In the distance Jess could see smoke twisting from the chimneys of Daylesford, the historic little town nestled among the district’s autumnal glory. They might stroll there later, she thought, for breakfast in one of the town’s gourmet cafes. Maybe they’d walk around the lake to drink from the mineral springs, to kick the autumn leaves, to feel the sun on their faces.
Or maybe they’d stay where they were.
She stirred and Angus woke. They’d slept still clinging. They’d been so close to the unthinkable.
‘Safe,’ he murmured, and she savoured the feel of his arms and thought…safe.
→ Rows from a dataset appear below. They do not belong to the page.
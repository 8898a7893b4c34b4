//! The code of a sum class.

ghost use Rattle.std.specs.Prelude.{◌≡◌, [], length, true, IfOk, Some};
ghost use Rattle.ct_words.specs.Entry.{IsEntry};
ghost use Rattle.ct_rule_codes.specs.CodeEntry.{entry_of_code};
ghost use Rattle.ct_weight_rules.specs.GrahamSloane.{graham_sloane};

use ct_sum_classes::sum_class_list;
use ct_words::{Code, Entry};
use std::alloc::{AllocError, Global};

/// The words of the length and the weight of the entry, which is in the table, the places of whose ones add up to r modulo the
/// length, where there is such a class. `Err` is want of memory.
pub fn sum_class(alloc: Global, entry: Entry, r: u32) -> Result<Code, AllocError>
    requires entry { IsEntry entry }
    requires defined { (graham_sloane r).condition entry ≡ true }
    ensures entry { IfOk result (λ c. entry_of_code c ≡ entry) }
    ensures size { IfOk result (λ c. (graham_sloane r).number entry [] ≡ Some (length c.words)) }
{
    sum_class_list(alloc, entry.n, entry.w.unwrap_or(0), r)
}
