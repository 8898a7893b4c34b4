//! What answers commands.

ghost use Rattle.std.specs.Prelude.{◌≡◌, List, IfOk, OnOk};
ghost use Rattle.ct_io.specs.Buffered.{buffered, IsPut};
ghost use Rattle.ct_piece.specs.Piece.{PieceValue};
ghost use Rattle.ct_replies.specs.LongReply.{long_text, reply_of};
ghost use Rattle.ct_session.specs.Reply.{IsReply, pieces_after};

use ct_commands::Command;
use ct_io::{Failed, Sink, SinkBuffer};
use ct_replies::{AnyReply, LongReply};
use std::alloc::{AllocError, Global};

/// What answers commands over the pieces that it holds, each as it is to be answered.
pub trait Answers: Drop {
    // The pieces that stand.
    ghost standing: { Self → List PieceValue };

    /// Answers a command: the reply, and the pieces after it. `Err` is want of memory.
    fn answer(&mut self, alloc: Global, command: Command) -> Result<AnyReply, AllocError>
        ensures reply { IfOk result (λ answer. IsReply (standing self.old) command (reply_of answer (standing self.new))) }
        ensures pieces { OnOk result (standing self.new ≡ pieces_after (standing self.old) command) };

    /// Puts a long reply, as `SinkBuffer::put` does. It takes no memory.
    fn put_long<K: Sink>(
        &self,
        sink: &mut K,
        buffer: &mut SinkBuffer,
        reply: &LongReply,
    ) -> Result<(), Failed>
        ensures { IsPut (buffered K.holds K.faults sink.old buffer.old)
            (buffered K.holds K.faults sink.new buffer.new) (long_text reply.now (standing self.now)) result };
}
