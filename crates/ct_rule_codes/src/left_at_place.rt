//! The words of a code that have a digit at some place, without it, where it is known that there are enough.

ghost use Rattle.std.specs.Prelude.{◌≡◌, ◌-◌, ◌*◌, ◌/◌, ◌%◌, ◌^◌, ◌==◌, ◌<◌, ◌≤◌, [], ◌∷◌, ℕ, length, count_by, option_map, IfOk, None, Some};
ghost use Rattle.std.specs.Int.{div_ceil};
ghost use Rattle.ct_words.specs.Constructions.Shortened.{shortened};
ghost use Rattle.ct_rule_parts.specs.Parts.{half_up};

use crate::first_words::first_words;
use ct_build::shorten;
use ct_words::{Code, Word};
use std::alloc::{AllocError, Global};

/// Of the words of the part that have the more frequent digit at the first place, the first ⌈v/2⌉, without it: a code of length
/// n − 1 and of the same distance, which has half of the v words of the part, rounded up. `Err` is want of memory, here and below.
pub fn half(alloc: Global, part: &Code) -> Result<Code, AllocError>
    requires long { 2 ≤ part.now.n }
    requires plain { part.now.w ≡ None }
    ensures n { IfOk result (λ c. c.n ≡ part.now.n - 1) }
    ensures d { IfOk result (λ c. c.d ≡ part.now.d) }
    ensures w { IfOk result (λ c. c.w ≡ None) }
    ensures size { IfOk result (λ c. length c.words ≡ half_up (length part.now.words)) }
{
    let size = part.words().len().div_ceil(2);
    let digit = if count_at(part, 0, 0) >= size { 0 } else { 1 };
    first_left(alloc, part, 0, digit, size)
}

/// Of the words of the part, of weight w, that have a one at some place that has enough, the first ⌈w·v/n⌉, without it: a code of
/// length n − 1, of the same distance and of weight w − 1 (Johnson 1962). The weight is at least 1.
pub fn with_one(alloc: Global, part: &Code, w: u32) -> Result<Code, AllocError>
    requires long { 2 ≤ part.now.n }
    requires weight { part.now.w ≡ Some w }
    requires ones { 1 ≤ w }
    ensures n { IfOk result (λ c. c.n ≡ part.now.n - 1) }
    ensures d { IfOk result (λ c. c.d ≡ part.now.d) }
    ensures w { IfOk result (λ c. c.w ≡ Some (w - 1)) }
    ensures size { IfOk result (λ c. length c.words ≡ div_ceil (w * length part.now.words) part.now.n) }
{
    let size = (w as usize * part.words().len()).div_ceil(part.n() as usize);
    let place = place_with(part, 1, size);
    first_left(alloc, part, place, 1, size)
}

/// Of the words of the part, of weight w, that have a zero at some place that has enough, the first ⌈(n − w)·v/n⌉, without it: a
/// code of length n − 1, and of the same distance and weight (Johnson 1962). The weight is below n.
pub fn with_zero(alloc: Global, part: &Code, w: u32) -> Result<Code, AllocError>
    requires long { 2 ≤ part.now.n }
    requires weight { part.now.w ≡ Some w }
    requires zeros { w < part.now.n }
    ensures n { IfOk result (λ c. c.n ≡ part.now.n - 1) }
    ensures d { IfOk result (λ c. c.d ≡ part.now.d) }
    ensures w { IfOk result (λ c. c.w ≡ Some w) }
    ensures size { IfOk result (λ c. length c.words ≡ div_ceil ((part.now.n - w) * length part.now.words) part.now.n) }
{
    let zeros = (part.n() - w) as usize;
    let size = (zeros * part.words().len()).div_ceil(part.n() as usize);
    let place = place_with(part, 0, size);
    first_left(alloc, part, place, 0, size)
}

/// Of the words of the part that have the digit, 0 or 1, at the place, the first ones, without it: so many, of which there are
/// enough.
fn first_left(
    alloc: Global,
    part: &Code,
    place: u32,
    digit: u32,
    size: usize,
) -> Result<Code, AllocError>
    requires long { 2 ≤ part.now.n }
    requires place { place < part.now.n }
    requires digit { digit < 2 }
    requires some { 1 ≤ size }
    requires enough { size ≤ length (shortened part.now.n (place ∷ []) (digit ∷ []) part.now.words) }
    ensures n { IfOk result (λ c. c.n ≡ part.now.n - 1) }
    ensures d { IfOk result (λ c. c.d ≡ part.now.d) }
    ensures w { IfOk result (λ c. c.w ≡ option_map (λ k. k - digit) part.now.w) }
    ensures size { IfOk result (λ c. length c.words ≡ size) }
{
    match shorten(alloc, part, &[place], &[digit]) {
        Ok(left) => Ok(first_words(left, size)),
        Err(_) => Err(AllocError),
    }
}

/// The first place that has the digit in so many words of the part, or more. There is one.
fn place_with(part: &Code, digit: u32, least: usize) -> u32
    requires { (p : ℕ) × (p < part.now.n) × (least ≤ length (shortened part.now.n (p ∷ []) (digit ∷ []) part.now.words)) }
    ensures place { result < part.now.n }
    ensures enough { least ≤ length (shortened part.now.n (result ∷ []) (digit ∷ []) part.now.words) }
{
    let n = part.n();
    let mut place = 0;
    while place + 1 < n && count_at(part, place, digit) < least {
        place += 1;
    }
    place
}

/// How many words of the part have the digit at the place.
fn count_at(part: &Code, place: u32, digit: u32) -> usize
    requires { place < part.now.n }
    ensures { result ≡ length (shortened part.now.n (place ∷ []) (digit ∷ []) part.now.words) }
{
    count_of_digit(part.words(), part.n() - 1 - place, digit)
}

/// How many words have the digit that so many digits follow.
fn count_of_digit(words: &[Word], low: u32, digit: u32) -> usize
    requires { low < 32 }
    ensures { result ≡ count_by (λ x. x / 2 ^ low % 2 == digit) words.now }
{
    words
        .iter()
        .filter(|word| (**word >> low) % 2 == digit)
        .count()
}
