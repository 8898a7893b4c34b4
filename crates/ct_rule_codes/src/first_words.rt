//! The first words of a code that is handed over.

ghost use Rattle.std.specs.Prelude.{◌≡◌, ◌≤◌, length, take};

use ct_words::Code;

/// The first words of the code, so many: a code of the same length, distance and weight. It takes no memory.
pub(crate) fn first_words(code: Code, size: usize) -> Code
    requires some { 1 ≤ size }
    requires enough { size ≤ length code.words }
    ensures n { result.n ≡ code.n }
    ensures d { result.d ≡ code.d }
    ensures w { result.w ≡ code.w }
    ensures words { result.words ≡ take size code.words }
    ensures size { length result.words ≡ size }
{
    let (n, d, w) = (code.n(), code.d(), code.w());
    let mut words = code.into_words();
    words.truncate(size);
    Code::from_sorted(n, d, w, words)
}
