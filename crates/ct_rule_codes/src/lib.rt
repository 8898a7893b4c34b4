//! The codes that rules say there are, where no single construction gives them.
#![tactic(auto)]

mod class_words;
mod few_words;
mod first_words;
mod left_at_place;
mod reading;
mod sums;

pub use class_words::sum_class;
pub use few_words::{disjoint_words, one_word, opposite_words};
pub use left_at_place::{half, with_one, with_zero};
pub use reading::read_as;
pub use sums::sums_with_even_words;
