//! A session: its lines are taken one by one, and the replies put to a text.

ghost use Rattle.std.specs.Prelude.{◌≡◌, ◌||◌, Bool, ◌∷◌, ◌++◌, [], IsSome, OnOk, OnErr, IfOk, fold};
ghost use Rattle.std.specs.Option.{option_to_list, is_some};
ghost use Rattle.ct_commands.specs.Command.{cut_off};
ghost use Rattle.ct_session.specs.Reply.{pieces_after};
ghost use Rattle.ct_session.specs.Run.{PutsAnswers};
ghost use Rattle.ct_replies.specs.LongReply.{owed_text};

use crate::answers::Answers;
use ct_commands::{Command, CommandReader};
use ct_replies::{AnyReply, LongReply, Refusal, Reply, put_reply};
use std::alloc::{AllocError, Global};
use std::marker::Model;

/// A session after some of its lines.
#[derive(Drop)]
pub(crate) struct Session<A: Answers> {
    answers: A,
    reader: CommandReader,
    refused: bool,
}

impl<A: Answers> Model for Session<A> {
    ghost use Rattle.ct_session.specs.Inside.State.{State};

    ghost Value = { State };

    ghost view = { λ s. record { pieces = A.standing s.answers; pending = s.reader; refused = s.refused } };
}

/// Answers a command: whether the reply is a refusal. It is put at the end of the text, but for one that may be long, which is owed then.
/// After an `Err`, which is want of memory, the text is as before.
fn respond<A: Answers>(
    alloc: Global,
    answers: &mut A,
    command: Command,
    replies: &mut Vec<u8>,
) -> Result<(Option<LongReply>, bool), AllocError>
    ensures reply { IfOk result (λ r. PutsAnswers (A.standing answers.old) (command ∷ []) r.1
        replies.old.items (replies.new.items ++ owed_text r.0 (A.standing answers.new))) }
    ensures unput { IfOk result (λ r. IsSome r.0 → replies.new.items ≡ replies.old.items) }
    ensures pieces { OnOk result (A.standing answers.new ≡ pieces_after (A.standing answers.old) command) }
    ensures unchanged { OnErr result (replies.new.items ≡ replies.old.items) }
{
    match answers.answer(alloc, command)? {
        AnyReply::Short(reply) => {
            put_reply(alloc, replies, &reply)?;
            Ok((None, reply.is_refusal()))
        }
        AnyReply::Long(reply) => Ok((Some(reply), false)),
    }
}

/// Answers the command, if there is one, as `respond` does.
fn respond_to_any<A: Answers>(
    alloc: Global,
    answers: &mut A,
    command: Option<Command>,
    replies: &mut Vec<u8>,
) -> Result<(Option<LongReply>, bool), AllocError>
    ensures reply { IfOk result (λ r. PutsAnswers (A.standing answers.old) (option_to_list command) r.1
        replies.old.items (replies.new.items ++ owed_text r.0 (A.standing answers.new))) }
    ensures unput { IfOk result (λ r. IsSome r.0 → replies.new.items ≡ replies.old.items) }
    ensures pieces { OnOk result (A.standing answers.new ≡ fold pieces_after (A.standing answers.old) (option_to_list command)) }
    ensures unchanged { OnErr result (replies.new.items ≡ replies.old.items) }
{
    match command {
        Some(command) => respond(alloc, answers, command, replies),
        None => Ok((None, false)),
    }
}

impl<A: Answers> Session<A> {
    ghost use Rattle.ct_session.specs.Inside.State.{fresh_state, PutsLines};

    /// A session before its first line, whose commands are answered so; no piece stands.
    pub(crate) fn new(answers: A) -> Session<A>
        requires { A.standing answers ≡ [] }
        ensures { result ≡ fresh_state }
    {
        Session {
            answers,
            reader: CommandReader::new(),
            refused: false,
        }
    }

    /// Whether a submission is open, whose document goes on.
    pub(crate) fn has_open_submission(&self) -> bool
        ensures { result ≡ is_some self.now.pending }
    {
        self.reader.has_open_submission()
    }

    /// What answers its commands.
    pub(crate) fn answers(&self) -> &A
        ensures { A.standing result.now ≡ self.now.pieces }
    {
        &self.answers
    }

    /// Takes the next line, and puts the reply to the command that it completes, if it completes one, at the end of the text, or tells
    /// which long reply is owed there. After an `Err`, which is want of memory, the text is as before, and the session is not to be gone on
    /// with: its open submission may be lost.
    pub(crate) fn take_line(
        &mut self,
        alloc: Global,
        line: &[u8],
        replies: &mut Vec<u8>,
    ) -> Result<Option<LongReply>, AllocError>
        ensures line { IfOk result (λ owed. PutsLines self.old self.new (line.now ∷ []) replies.old.items
            (replies.new.items ++ owed_text owed self.new.pieces)) }
        ensures unput { IfOk result (λ owed. IsSome owed → replies.new.items ≡ replies.old.items) }
        ensures unchanged { OnErr result (replies.new.items ≡ replies.old.items) }
    {
        let command = self.reader.take_line(alloc, line)?;
        let (owed, refused) = respond_to_any(alloc, &mut self.answers, command, replies)?;
        self.refused = self.refused || refused;
        Ok(owed)
    }

    /// Takes the end of the input, and puts the reply to a submission that it cuts off, if one is open, at the end of the text: whether
    /// any reply of the session is a refusal. After an `Err`, which is want of memory, the text is as before.
    pub(crate) fn finish(self, alloc: Global, replies: &mut Vec<u8>) -> Result<bool, AllocError>
        ensures end { IfOk result (λ all. (refused : Bool) × PutsAnswers self.pieces (cut_off self.pending) refused
            replies.old.items replies.new.items × (all ≡ (self.refused || refused))) }
        ensures unchanged { OnErr result (replies.new.items ≡ replies.old.items) }
    {
        match self.reader.finish() {
            None => Ok(self.refused),
            Some(_) => {
                put_reply(alloc, replies, &Reply::Refused(Refusal::CutOff))?;
                Ok(true)
            }
        }
    }
}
Then she looked out the window to the hills beyond and thought beautiful.
Then she thought home.
‘I still have that ring,’ Angus said sleepily into her ear. ‘You were saying, love?’
‘I was saying,’ she murmured, twisting to kiss her own true love. ‘I think…something about conditions.’
‘A farm by the sea. I’ll do it, Jessie. For you.’
‘And I love you for it,’ she told him, her heart swelling with happiness and with peace. ‘But there are no conditions. Angus, love, I’ll marry you anywhere you want. Both places are spectacularly beautiful. We have the choice of two magnificences, but Angus, my home is here.’